>>>>

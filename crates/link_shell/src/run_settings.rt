// The command `run SETTINGS`.
ghost use Rattle.std.specs.Prelude.{IfOk};
ghost use Rattle.command_scripts.specs.Does.{Does};
ghost use Rattle.command_scripts.specs.Steps.{sink_seen, store_seen};
ghost use Rattle.command_scripts.specs.Due.{PutsAll};
ghost use Rattle.command_steps.specs.Reviewed.{IsReviewed};
ghost use Rattle.link_core.specs.Rules.{rule_in};
ghost use Rattle.link_core.specs.Results.{AreRunTexts, five_texts, KeepsRows};
ghost use Rattle.link_shell.specs.SettingsCommands.{run_puts, run_script};

use command_scripts::{Ended, Output, put_each};
use command_steps::{Reviewed, ReviewedSettings, load_reviewed_settings};
use link_base::NoMemory;
use link_core::{RunResult, finish};
use link_outside::{Refusal, Sink, Store};
use std::alloc::Global;

// Puts the five texts, in their order.
fn put_results<S: Store>(alloc: Global, made: &RunResult, store: &mut S) -> Result<Ended, Refusal>
    ensures { PutsAll (run_puts (five_texts made.now)) (store_seen S.tells S.held S.faults store.old store.new) result }
{
    let outputs = [
        Output {
            name: "pairs.csv",
            bytes: made.pairs.bytes(),
        },
        Output {
            name: "rule.csv",
            bytes: made.rule.bytes(),
        },
        Output {
            name: "links.csv",
            bytes: made.links.bytes(),
        },
        Output {
            name: "prices.csv",
            bytes: made.prices.bytes(),
        },
        Output {
            name: "report.txt",
            bytes: made.report.bytes(),
        },
    ];
    put_each(alloc, &outputs, store)
}

// The texts of what was found for a plan, whose parts go as soon as they are no more needed.
pub(crate) fn finish_found(alloc: Global, found: ReviewedSettings) -> Result<RunResult, NoMemory>
    requires found { IsReviewed found }
    requires rows { KeepsRows found.plan found.reviewed.files found.reviewed.decided }
    ensures { IfOk result (λ r. AreRunTexts found.plan found.reviewed.files.files (rule_in found.reviewed.files found.reviewed.decided) found.reviewed.journal (five_texts r)) }
{
    let ReviewedSettings { plan, reviewed } = found;
    let Reviewed {
        files,
        shares,
        decided,
        journal,
    } = reviewed;
    drop(shares);
    let made = finish(alloc, &plan, files, decided, &journal);
    drop(journal);
    drop(plan);
    made
}

// Follows the script.
pub(crate) fn perform<S: Store, O: Sink>(
    alloc: Global,
    name: &str,
    store: &mut S,
    out: &mut O,
) -> Result<Ended, Refusal>
    ensures { Does (run_script name.now) (store_seen S.tells S.held S.faults store.old store.new) (sink_seen O.tells O.taken O.faults out.old out.new) result }
{
    let found = load_reviewed_settings(alloc, store, name, true)?;
    let made = finish_found(alloc, found)?;
    let ended = put_results(alloc, &made, store);
    drop(made);
    ended
}
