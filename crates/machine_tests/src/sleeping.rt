//! Sleeps on the machine.

use crate::expect::{expect_eq, expect_ok};
use pool_book::Book;
use recorded::{Recorded, program_limits};
use tp_base::calls::{Call, Environ, Kind, Priority};
use tp_base::ids::{GroupId, ObjectId, PoolId, RoutineId, Who};
use tp_coalesce::{Slept, sleep};

const ENVIRON: Environ = Environ {
    pool: PoolId(0),
    group: GroupId(0),
    cancel: RoutineId(0),
    priority: Priority::Normal,
    long: false,
    persistent: false,
};

/// Two timers of which the windows overlap expire at one wake-up, and none else is made but that at the target.
#[test]
fn timers_expire_together(rt: HostRuntime) {
    let client = Who::Client(1);
    let opened = Book::try_open(rt.alloc(), program_limits(1, 2), 20);
    let mut book = expect_ok(&rt, opened);
    for (number, due, window) in [(1, -10_000, 3), (2, -30_000, 5)] {
        let create = Call::Create {
            kind: Kind::Timer,
            routine: RoutineId(1),
            context: 0,
            env: ENVIRON,
        };
        book.step(client, create);
        let set = Call::SetTimer {
            object: ObjectId(number),
            due: Some(due),
            period: 0,
            window,
        };
        book.step(client, set);
    }
    expect_eq(&rt, book.next_deadline(), Some(40_000));
    let (now, wakes) = match sleep(&mut book, client, 100_000) {
        Slept::Done { now, wakes } => (now, wakes),
        Slept::Stopped { wakes, .. } => (book.now(), wakes),
    };
    expect_eq(&rt, (now, wakes), (100_000, 2));
    expect_eq(&rt, book.len(), 6);
    expect_eq(&rt, book.next_deadline(), None);
}
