/// The calls by the names of the Win32 functions that no program makes.
#[test]
fn calls_by_name(rt: HostRuntime) {
    let opened = SharedPool::<Book>::open(rt.alloc(), program_limits(1, 1), 64);
    let (pool, mut seats) = expect_ok(&rt, opened);
    let (client, worker) = take_two(&rt, &pool, &mut seats);
    try_by_name(&rt, &pool, client, worker);
    drop(seats);
    drop(pool);
}
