//! What ends a test. As functions of their own, since the proof of a test grows with each way that leads
//! out of it, and with all that is dropped there.

ghost use Rattle.std.specs.Prelude.{◌≡◌, Ok};

use std::process::Abort;

/// Ends the test where a value isn't the one that is expected.
pub fn expect_eq<T: PartialEq + Drop>(rt: &impl Abort, told: T, wanted: T) {
    assert!(rt; told == wanted);
}

/// What was made. Ends the test where memory is refused.
pub fn expect_ok<T: Drop, E: Drop>(rt: &impl Abort, told: Result<T, E>) -> T
    ensures { told ≡ Ok result }
{
    match told {
        Ok(value) => value,
        Err(_) => panic!(rt; "memory was refused"),
    }
}
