//! Orders of a script, played by their moves.

use crate::expect::{expect_eq, expect_ok};
use pool_book::Book;
use recorded::{Recorded, program_limits};
use std::process::Abort;
use tp_explore::replay;
use tp_report::{Written, into_history};
use tp_script::parse_script;

const ONE_CALLBACK: &[u8] = b"work w r
routine r
done
client
submit w
done
";

/// Client 1 makes its calls, client 2 submits, worker 1 attaches, takes and returns, client 2 finishes, and the worker
/// detaches, which is the second of its turns there. Behind that client 1 has none.
#[test]
fn moves_make_an_order(rt: HostRuntime) {
    let alloc = rt.alloc();
    let script = expect_ok(&rt, parse_script(alloc, ONE_CALLBACK));
    let mut book = expect_ok(
        &rt,
        Written::<Book>::open(alloc, program_limits(2, 1), 65_536),
    );
    let moves = [0, 0, 2, 4, 4, 4, 2, 5, 0];
    let whole = expect_ok(&rt, replay(alloc, &mut book, &script, &moves));
    expect_eq(&rt, whole, false);
    let (_, text) = expect_ok(&rt, into_history(alloc, book));
    let wanted = "history 2 clients 2 workers 1 events 65536 objects 65535
0 c1 create work r1 x0 p0 normal short g0 q0 -> made 1
0 c1 finish -> ok
0 c2 submit 1 -> queued 1 1
0 w1 attach -> attached 0
0 w1 take -> taken 1 o1 r1 x0 plain
0 w1 return -> returned - - - - 0 0
0 c2 finish -> ok
0 w1 detach -> ok
end 8
";
    assert!(rt; text.as_slice() == wanted.as_bytes());
}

<<<<

Task details | Calculate how many lines of the material include the string "seats", and state that number by itself.

Answer to the exercise | 3